How often will I need a treatment?

In order to create a continuous flow of circulating regulative peptides Scenar action must be given quite often. For any fresh injury or any acute inflammatory process treatment needs to be intensive, ideally once or even twice daily. For chronic conditions, treatments are ideally given three or four times a week initially. As things improve the frequency can be reduced.
A course of treatments will vary from individual to individual, and takes into account such factors as the stage of the pathological process, the person’s age, state of health, and so on.

Is it safe?

As the Scenar impulse is similar to endogenous nerve impulses, it is non-damaging and safe. Only people with cardiac pacemakers are not allowed to have Scenar treatment. see contra-indications. Children and pregnant women can be treated, and even animals enjoy it!

What about my conventional treatment?

If you are receiving treatment from your doctor it makes sense to inform him about Scenar therapy. Treatment with Scenar may enable you to reduce or even stop taking some medication, and this can be done under the supervision of your doctor.

What else do I need to know?

During the treatment of chronic conditions, occasionally a healing crisis may occur (experienced as a complete lack of energy and malaise). This arises if the body is getting rid of toxic energy too rapidly. There are techniques that can be used with the Scenar to manage this.
For best results it is advisable not to bathe or shower for two hours before and after treatment. It may be necessary to shave an area of skin to ensure good communication between the device and the nervous system.
Patients generally experience an increase in energy, more refreshing sleep and an improved well-being.

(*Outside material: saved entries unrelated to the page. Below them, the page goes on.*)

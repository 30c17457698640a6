//! The payload of two generics, of which one uses the other's result.

ghost use Rattle.std.specs.Prelude.{◌≡◌, ◌++◌, [], map, IfOk, OnOk};
ghost use Rattle.mlir_meaning.specs.Grids.{count_up};
ghost use Rattle.payload_ops.specs.Payload.{IsPayload};
ghost use Rattle.payload_forms.specs.Captured.{in_front};
ghost use Rattle.named_forms.specs.Fit.{IsFit};
ghost use Rattle.payload_forms.specs.Joined.{consumer_steps, consumer_to, joined, producer_steps, producer_to, spliced};
ghost use Rattle.payload_forms.specs.Moved.{captured_step};
ghost use Rattle.payload_forms.specs.Names.{joint};

use crate::moving::{Moving, push_captured};
use crate::numbers::{number, plus};
use crate::renaming::Inputs;
use crate::splicing::spliced;
use affine_maps::Expr;
use mlir_base::{ElemTy, List, Memory};
use payload_ops::{Arg, Payload, PayloadStep, payload};
use std::alloc::Global;

/// What a producer and a consumer are joined by: the consumer's input that is the producer's result, the producer's
/// dimensions as expressions of the consumer's, the number of captured values of both together, and where those of
/// each stand among these.
#[derive(Drop)]
pub struct Joining<'a> {
    pub input: u32,
    pub exprs: &'a [Expr],
    pub captured: u32,
    pub of_producer: &'a [u32],
    pub of_consumer: &'a [u32],
}

/// The parts of a payload that has a step for each of `captured` values in front. `rest` are the steps behind those.
/// They need not fit together.
#[derive(Drop)]
pub struct InFront {
    pub captured: u32,
    pub ins: List<ElemTy>,
    pub out: ElemTy,
    pub rest: List<PayloadStep>,
    pub yielded: Arg,
}

/// Adds the producer's steps, and gives what it yields.
fn push_producer(
    alloc: Global,
    rest: &mut List<PayloadStep>,
    by: &Joining,
    producer: &Payload,
    consumer: &Payload,
) -> Result<Arg, Memory>
    ensures steps { OnOk result (rest.new ≡ rest.old ++ producer_steps (joint by.now) producer.now consumer.now) }
    ensures yielded { IfOk result (λ a. a ≡ producer_to (joint by.now) producer.now consumer.now producer.now.yielded) }
{
    let moving = Moving {
        exprs: Some(by.exprs),
        captured: by.of_producer,
    };
    let first = by.captured as u64;
    moving.push_payload(alloc, rest, Inputs::After(by.input), first, producer)
}

/// Adds the consumer's steps behind the producer's, which yields `value`, and gives what it yields.
fn push_consumer(
    alloc: Global,
    rest: &mut List<PayloadStep>,
    by: &Joining,
    producer: &Payload,
    value: Arg,
    consumer: &Payload,
) -> Result<Arg, Memory>
    requires steps { rest.old ≡ producer_steps (joint by.now) producer.now consumer.now }
    requires value { value ≡ producer_to (joint by.now) producer.now consumer.now producer.now.yielded }
    ensures steps { OnOk result (rest.new ≡ rest.old ++ consumer_steps (joint by.now) producer.now consumer.now) }
    ensures yielded { IfOk result (λ a. a ≡ consumer_to (joint by.now) producer.now consumer.now consumer.now.yielded) }
{
    let moving = Moving {
        exprs: None,
        captured: by.of_consumer,
    };
    let count = number(producer.ins().len() as u64)?;
    let inputs = Inputs::Spliced {
        at: by.input,
        count,
        value,
    };
    let first = plus(by.captured as u64, rest.len() as u64)?;
    moving.push_payload(alloc, rest, inputs, first, consumer)
}

/// The steps of both, behind those for captured values, and what the consumer yields.
fn joined_steps(
    alloc: Global,
    rest: &mut List<PayloadStep>,
    by: &Joining,
    producer: &Payload,
    consumer: &Payload,
) -> Result<Arg, Memory>
    requires { rest.old ≡ [] }
    ensures steps { OnOk result (rest.new ≡ producer_steps (joint by.now) producer.now consumer.now ++ consumer_steps (joint by.now) producer.now consumer.now) }
    ensures yielded { IfOk result (λ a. a ≡ consumer_to (joint by.now) producer.now consumer.now consumer.now.yielded) }
{
    let value = push_producer(alloc, rest, by, producer, consumer)?;
    push_consumer(alloc, rest, by, producer, value, consumer)
}

/// The producer's and the consumer's payload as one, with a step for each captured value of both in front. The
/// producer's steps come first, its `linalg.index` as an `affine.apply`; its inputs stand in the place of the
/// consumer's one. Linear in the number of steps.
pub fn join(
    alloc: Global,
    by: &Joining,
    producer: &Payload,
    consumer: &Payload,
) -> Result<InFront, Memory>
    ensures captured { IfOk result (λ f. f.captured ≡ by.now.captured) }
    ensures ins { IfOk result (λ f. f.ins ≡ spliced by.now.input producer.now.ins consumer.now.ins) }
    ensures out { IfOk result (λ f. f.out ≡ consumer.now.out) }
    ensures rest { IfOk result (λ f. f.rest ≡ producer_steps (joint by.now) producer.now consumer.now ++ consumer_steps (joint by.now) producer.now consumer.now) }
    ensures yielded { IfOk result (λ f. f.yielded ≡ consumer_to (joint by.now) producer.now consumer.now consumer.now.yielded) }
{
    let mut rest = List::new(alloc);
    let yielded = joined_steps(alloc, &mut rest, by, producer, consumer)?;
    let ins = spliced(
        alloc,
        by.input,
        producer.ins().as_slice(),
        consumer.ins().as_slice(),
    )?;
    Ok(InFront {
        captured: by.captured,
        ins,
        out: consumer.out(),
        rest,
        yielded,
    })
}

/// Steps for so many captured values, and then these.
fn behind_captured(
    alloc: Global,
    captured: u32,
    rest: List<PayloadStep>,
) -> Result<List<PayloadStep>, Memory>
    ensures { IfOk result (λ l. l ≡ map captured_step (count_up 0 captured) ++ rest) }
{
    let mut front = List::new(alloc);
    push_captured(&mut front, 0, captured as u64)?;
    let mut steps = front.into_vec();
    let mut rest = rest.into_vec();
    match steps.append(&mut rest) {
        Ok(()) => Ok(List::from_vec(steps)),
        Err(_) => Err(Memory),
    }
}

impl InFront {
    /// The payload of these parts, or `None` where they don't fit together.
    pub fn payload(self, alloc: Global) -> Result<Option<Payload>, Memory>
        ensures { IfOk result (λ r. IsFit IsPayload r (in_front self.captured self.ins self.out self.rest self.yielded)) }
    {
        let steps = behind_captured(alloc, self.captured, self.rest)?;
        Ok(payload(self.ins, self.out, steps, self.yielded))
    }
}

/// The joined payload as `join` gives it, or `None` where it is none: where the producer's result hasn't the type of
/// the consumer's input, or a step uses the producer's output.
pub fn joined(
    alloc: Global,
    by: &Joining,
    producer: &Payload,
    consumer: &Payload,
) -> Result<Option<Payload>, Memory>
    ensures { IfOk result (λ r. IsFit IsPayload r (joined (joint by.now) producer.now consumer.now)) }
{
    let parts = join(alloc, by, producer, consumer)?;
    parts.payload(alloc)
}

How does it differ from other therapies?

There are several ways in which it differs from other electrical therapies.
Unlike TENS machines, each impulse is different from the previous one so the body is unable to adapt to the signal.
The Scenar impulses change according to the response from the body at the exact moment of treatment. This allows a true bio-feedback dialogue to take place between the scenar device and the nervous system, resulting in stimulation of the A,B and C fibres – creating a cascade of neuropeptides amongst other healing entities of the bodies internal pharmacy. This massive response helps explain the effectiveness of Scenar therapy on the whole body.